__TASK INSTRUCTIONS__
Within the records that follow, find every line containing the string "there". Copy those lines.
_ _ _ _ _
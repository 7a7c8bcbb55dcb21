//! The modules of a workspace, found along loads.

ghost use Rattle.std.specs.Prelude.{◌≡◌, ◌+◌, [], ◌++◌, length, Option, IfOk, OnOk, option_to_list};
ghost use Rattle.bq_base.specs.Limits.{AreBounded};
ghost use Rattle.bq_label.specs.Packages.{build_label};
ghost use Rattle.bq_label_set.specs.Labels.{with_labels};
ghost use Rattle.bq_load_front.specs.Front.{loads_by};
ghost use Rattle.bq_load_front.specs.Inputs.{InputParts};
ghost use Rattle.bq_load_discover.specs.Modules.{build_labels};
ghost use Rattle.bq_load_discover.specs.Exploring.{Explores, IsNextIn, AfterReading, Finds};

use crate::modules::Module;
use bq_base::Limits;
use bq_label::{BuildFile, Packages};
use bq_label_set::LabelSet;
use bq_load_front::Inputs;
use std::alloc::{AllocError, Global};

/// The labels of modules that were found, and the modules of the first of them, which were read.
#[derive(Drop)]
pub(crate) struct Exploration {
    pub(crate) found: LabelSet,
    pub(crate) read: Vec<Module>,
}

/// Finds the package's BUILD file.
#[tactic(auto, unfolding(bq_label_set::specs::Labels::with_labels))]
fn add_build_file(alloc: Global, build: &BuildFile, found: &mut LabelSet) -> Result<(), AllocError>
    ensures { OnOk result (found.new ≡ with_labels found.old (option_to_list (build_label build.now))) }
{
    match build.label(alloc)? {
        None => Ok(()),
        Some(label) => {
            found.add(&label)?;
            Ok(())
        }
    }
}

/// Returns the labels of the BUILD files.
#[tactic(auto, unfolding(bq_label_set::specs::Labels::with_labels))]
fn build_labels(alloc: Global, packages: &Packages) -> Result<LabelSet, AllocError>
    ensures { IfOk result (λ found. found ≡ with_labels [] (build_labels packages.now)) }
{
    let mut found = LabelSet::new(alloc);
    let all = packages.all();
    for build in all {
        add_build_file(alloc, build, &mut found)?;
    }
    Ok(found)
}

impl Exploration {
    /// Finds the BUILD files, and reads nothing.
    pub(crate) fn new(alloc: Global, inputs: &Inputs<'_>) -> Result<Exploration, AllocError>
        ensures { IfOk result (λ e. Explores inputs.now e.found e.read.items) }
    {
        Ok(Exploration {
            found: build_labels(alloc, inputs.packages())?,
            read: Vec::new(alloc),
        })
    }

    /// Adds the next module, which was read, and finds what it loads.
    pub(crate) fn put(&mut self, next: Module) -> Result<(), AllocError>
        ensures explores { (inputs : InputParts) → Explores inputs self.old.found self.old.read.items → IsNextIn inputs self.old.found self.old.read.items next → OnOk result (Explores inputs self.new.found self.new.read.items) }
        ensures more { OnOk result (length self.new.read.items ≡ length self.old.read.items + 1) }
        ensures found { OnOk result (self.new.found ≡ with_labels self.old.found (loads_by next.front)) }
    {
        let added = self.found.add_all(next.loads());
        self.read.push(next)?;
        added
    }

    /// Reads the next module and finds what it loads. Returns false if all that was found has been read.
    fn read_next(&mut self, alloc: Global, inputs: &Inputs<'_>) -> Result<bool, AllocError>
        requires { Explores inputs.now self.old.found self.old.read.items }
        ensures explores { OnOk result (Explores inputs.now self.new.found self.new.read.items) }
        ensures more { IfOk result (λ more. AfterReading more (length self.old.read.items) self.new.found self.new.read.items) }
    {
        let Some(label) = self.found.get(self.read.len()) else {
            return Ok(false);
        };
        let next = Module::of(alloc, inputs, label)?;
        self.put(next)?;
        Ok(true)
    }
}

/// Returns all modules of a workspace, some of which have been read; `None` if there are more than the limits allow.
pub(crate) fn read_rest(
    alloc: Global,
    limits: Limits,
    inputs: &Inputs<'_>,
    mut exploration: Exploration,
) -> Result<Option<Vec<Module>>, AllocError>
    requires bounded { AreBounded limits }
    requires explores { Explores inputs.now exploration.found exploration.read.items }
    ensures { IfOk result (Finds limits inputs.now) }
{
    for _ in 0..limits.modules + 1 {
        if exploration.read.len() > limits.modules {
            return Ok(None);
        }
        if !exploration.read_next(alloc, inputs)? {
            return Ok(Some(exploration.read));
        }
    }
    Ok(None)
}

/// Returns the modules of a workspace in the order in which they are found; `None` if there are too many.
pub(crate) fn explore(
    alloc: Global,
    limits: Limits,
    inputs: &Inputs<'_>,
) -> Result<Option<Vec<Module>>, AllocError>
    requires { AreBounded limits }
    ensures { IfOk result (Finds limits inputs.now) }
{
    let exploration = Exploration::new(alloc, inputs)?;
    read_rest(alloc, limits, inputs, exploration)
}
_ _ _ _ _
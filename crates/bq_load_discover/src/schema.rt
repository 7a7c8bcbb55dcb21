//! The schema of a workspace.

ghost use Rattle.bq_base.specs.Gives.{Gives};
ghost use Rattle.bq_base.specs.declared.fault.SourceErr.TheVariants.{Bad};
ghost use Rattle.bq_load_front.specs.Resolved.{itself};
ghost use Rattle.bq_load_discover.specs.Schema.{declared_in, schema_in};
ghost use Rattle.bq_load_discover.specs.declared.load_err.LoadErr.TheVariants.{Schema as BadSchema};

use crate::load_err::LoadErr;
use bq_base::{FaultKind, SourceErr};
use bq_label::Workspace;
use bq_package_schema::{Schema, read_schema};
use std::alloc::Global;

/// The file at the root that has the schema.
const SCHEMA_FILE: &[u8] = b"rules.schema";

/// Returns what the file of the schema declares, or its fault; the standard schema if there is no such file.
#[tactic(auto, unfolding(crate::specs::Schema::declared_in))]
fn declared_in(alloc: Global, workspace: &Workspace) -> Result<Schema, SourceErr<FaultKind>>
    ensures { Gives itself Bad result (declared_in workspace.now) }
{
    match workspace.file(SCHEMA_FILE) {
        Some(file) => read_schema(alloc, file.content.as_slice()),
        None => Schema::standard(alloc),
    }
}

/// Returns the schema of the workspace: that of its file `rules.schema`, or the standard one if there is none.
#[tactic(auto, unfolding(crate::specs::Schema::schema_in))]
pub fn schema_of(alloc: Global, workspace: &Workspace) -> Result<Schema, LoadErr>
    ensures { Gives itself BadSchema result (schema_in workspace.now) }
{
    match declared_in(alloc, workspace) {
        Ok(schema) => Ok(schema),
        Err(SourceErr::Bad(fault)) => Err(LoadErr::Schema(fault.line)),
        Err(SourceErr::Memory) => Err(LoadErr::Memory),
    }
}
_ _ _ _ _
__THE COMPLETED TASK__
/// Returns all modules of a workspace, some of which have been read; `None` if there are more than the limits allow.
/// Returns the modules of a workspace in the order in which they are found; `None` if there are too many.
/// Returns what the file of the schema declares, or its fault; the standard schema if there is no such file.
/// Returns the schema of the workspace: that of its file `rules.schema`, or the standard one if there is none.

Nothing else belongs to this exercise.